Hopefully yes. The quicker the better.

 

Coinage is annoying and bulky to carry to around.  Banknotes after a while in circulation are filthy, fondled by thousands of pairs of hands, stuffed in and out of sweaty pockets, sat on, farted on, stuffed into dirty wallets or handbags, lying around on all kinds of surfaces, held in many people's mouths.....  If that was any other kind of object being passed around so freely most people wouldn't touch it without a pair of rubber gloves and a bottle of disinfectant.

 

Cash of course is also a great expense to businesses in its processing,  secure storage and transportation.  For more than the cost of software which can tally everything up, allocate and redistribute at the click of a button.

 

Society has always been moving towards cashless for far longer than most people think.
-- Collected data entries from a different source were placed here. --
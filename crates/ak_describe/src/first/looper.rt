//! The lines of a looper.

ghost use Rattle.std.specs.Prelude.{◌≡◌, OnErr};
ghost use Rattle.ak_describe.specs.Answers.{Leaves};
ghost use Rattle.ak_describe.specs.Pass as reads;
ghost use Rattle.ak_describe.specs.Seen.{looper_data};
ghost use Rattle.ak_describe.specs.Words.{texts};

use crate::fault::LineFault;
use crate::form::filter::filter_form;
use crate::form::heads::hook_form;
use crate::keyword::Keyword;
use crate::named::{Need, need_of_filter};
use crate::parts::{LooperParts, RowParts};
use crate::words::only_name;
use ak_handler::HANDLER_LIMIT;
use ak_input::Word;
use std::alloc::Global;

impl LooperParts {
    /// Whether a line that begins so, and that is of a looper or a handler, may stand behind its lines.
    pub(crate) fn may_follow(&self, keyword: Keyword) -> bool
        ensures { result ≡ reads.may_follow (looper_data self.now) keyword }
    {
        match keyword {
            Keyword::Hook => self.is_before_handlers() && !self.quit_refused,
            Keyword::Prefer => self.is_before_handlers() && self.preferred.is_none(),
            Keyword::Common => self.is_before_handlers(),
            Keyword::Next => !self.is_before_handlers() && self.has_no_next(),
            Keyword::Handler | Keyword::Suite | Keyword::Filter | Keyword::Property | Keyword::On =>
                true,
            Keyword::App
            | Keyword::Looper
            | Keyword::Element
            | Keyword::Reply
            | Keyword::Post
            | Keyword::Ask
            | Keyword::Set
            | Keyword::Add
            | Keyword::Drop
            | Keyword::Quit => false,
        }
    }

    // Of the handler that is open no next one is given.
    fn has_no_next(&self) -> bool
        ensures { result ≡ reads.has_no_next (looper_data self.now) }
    {
        match self.rows.last() {
            Some(row) => row.next.is_none(),
            None => false,
        }
    }

    /// What the further words of such a line, or of an element or an action, add.
    pub(crate) fn carry(
        &mut self,
        alloc: Global,
        keyword: Keyword,
        words: &[Word],
    ) -> Result<Option<Need>, LineFault>
        ensures read { Leaves result (looper_data self.new) (reads.carry_in_looper (looper_data self.old) keyword (texts words.now)) }
        ensures err { OnErr result (looper_data self.new ≡ looper_data self.old) }
    {
        match keyword {
            Keyword::Hook => self.hook_line(words),
            Keyword::Prefer => self.prefer_line(alloc, words),
            Keyword::Common => self.common_line(alloc, words),
            Keyword::Handler => self.handler_line(alloc, words),
            _ => self.in_last_row(alloc, keyword, words),
        }
    }

    // The quit hook refuses.
    fn hook_line(&mut self, words: &[Word]) -> Result<Option<Need>, LineFault>
        ensures read { Leaves result (looper_data self.new) (reads.hook_line (looper_data self.old) (texts words.now)) }
        ensures err { OnErr result (looper_data self.new ≡ looper_data self.old) }
    {
        if !hook_form(words) {
            return Err(LineFault::BadValue);
        }
        self.quit_refused = true;
        Ok(None)
    }

    // The preferred handler.
    fn prefer_line(&mut self, alloc: Global, words: &[Word]) -> Result<Option<Need>, LineFault>
        ensures read { Leaves result (looper_data self.new) (reads.prefer_line (looper_data self.old) (texts words.now)) }
        ensures err { OnErr result (looper_data self.new ≡ looper_data self.old) }
    {
        let name = only_name(alloc, words)?;
        let need = Need::Handler(name.try_clone()?);
        self.preferred = Some(name);
        Ok(Some(need))
    }

    // A filter of all its handlers.
    fn common_line(&mut self, alloc: Global, words: &[Word]) -> Result<Option<Need>, LineFault>
        ensures read { Leaves result (looper_data self.new) (reads.common_line (looper_data self.old) (texts words.now)) }
        ensures err { OnErr result (looper_data self.new ≡ looper_data self.old) }
    {
        let filter = filter_form(alloc, words)?;
        let need = need_of_filter(&filter)?;
        self.common.push(filter)?;
        Ok(need)
    }

    // A handler begins.
    fn handler_line(&mut self, alloc: Global, words: &[Word]) -> Result<Option<Need>, LineFault>
        ensures read { Leaves result (looper_data self.new) (reads.handler_line (looper_data self.old) (texts words.now)) }
        ensures err { OnErr result (looper_data self.new ≡ looper_data self.old) }
    {
        let name = only_name(alloc, words)?;
        if self.row_named(name.as_bytes()).is_some() {
            return Err(LineFault::NameInUse);
        }
        if self.rows.len() >= HANDLER_LIMIT {
            return Err(LineFault::Limit);
        }
        self.rows.push(RowParts::opened(alloc, name))?;
        Ok(None)
    }

    // A line of the last handler.
    fn in_last_row(
        &mut self,
        alloc: Global,
        keyword: Keyword,
        words: &[Word],
    ) -> Result<Option<Need>, LineFault>
        ensures read { Leaves result (looper_data self.new) (reads.in_last_row (looper_data self.old) keyword (texts words.now)) }
        ensures err { OnErr result (looper_data self.new ≡ looper_data self.old) }
    {
        let Some(row) = self.rows.last_mut() else {
            return Err(LineFault::UnknownLine);
        };
        row.carry(alloc, keyword, words)
    }
}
There is reference to an early version of cheques being used right back in Roman times, then came bills of exchange, and modern from cheques developed by the late 1700s.

 

Not forgetting a 'cash' banknote itself is nothing more than a promissory payment note tied to a specific commodity or currency set by the issuing bank.  If it wasn't for such a arrangement, the piece of paper that we preciously hold in our hands is actually in itself valueless.   

 

Even back in the black and white days when 'modern day' consumer banking first came on the scene, people were not using wads of cash to transfer between each other. They were using cheques, bankers drafts, bankers orders. Go look up some images from the 20s, 30s of early banking operations, rooms filled with clerks and typists all processing thousands of cashless transactions. 

 

After the cheques came the plastic cards initially with the fascinating imprinter machine and carbon chits, then electronic transactions with our scrawled signatures on the back of receipts, that evolved into chip and pin machines, then contactless cards and the latest versions of technology removing need for a physical card completely. 

 

Whichever tool is used, it is all doing the same thing.  Deducting an amount of value from one set of computerised figures and increasing value of a different set of computerised figures.  It really is as simple as that.

 

Do we really need to get our knickers in such a twist over the method of how that happens. I suspect most people really don't care.

 

I really don't get the paranoia and hysteria over this.  Nobody is keeping piles of money under their mattress. We all rely on banks at some form. I really don't care if my bank knows how many times I buy a Costa coffee each week or that Sainsbury's is tracking my groceries which I buy the same of every week anyway.  If someone was that desperate to find out my personal habits, they could do that anyway physically.

 

Yes we get targeted advertising, yes we get tracked which sets individual price points on the things we buy. But we all embrace the conveniences and benefits that comes with it.

 

All these features which are hysterically portrayed as invasions into our privacy,  in my opinion, are not so different to things which have come before. The targeted advertising all over the internet every time you click on a link is really not a million miles away from the piles of junk mail we used to receive through our doors everyday. The marketing lists, the community-based local adverts, the flyers being left on our car windscreens...

 

People complain about the amount of information when they sign up for online services but is that really any different to the days of going into a store and having to fill in forms to get HP, credit, club membership or special discount cards. It might have been on paper but it was still logged, reviewed then tracked the same as anything else.

 

Is customer profiling really a million miles apart from the days of being accosted by 1000 clipboard wielding market researchers every time you walked down the street or the days of the census takers knocking on everyone's doors...

 

As I say, I suspect the majority really don't care and are simply interested in maintaining their personalised discounts at their favourite stores and the convenience that comes with targeted online shopping.  If Mr Google knows what I want before I know what I want - is that  really something to be scared of or something we should instead be embracing as a sign of how far we have come and celebrating what we can achieve in technological advancement.

 

It really wasnt that long ago that the thought of a electronic brain that can calculate some simple mathematics was seen as witchcraft... now a cheap pocket calculator is seen as the absolute basic of basics, can be retailed at less than £1 and manufactured in some far eastern workshop for pennies.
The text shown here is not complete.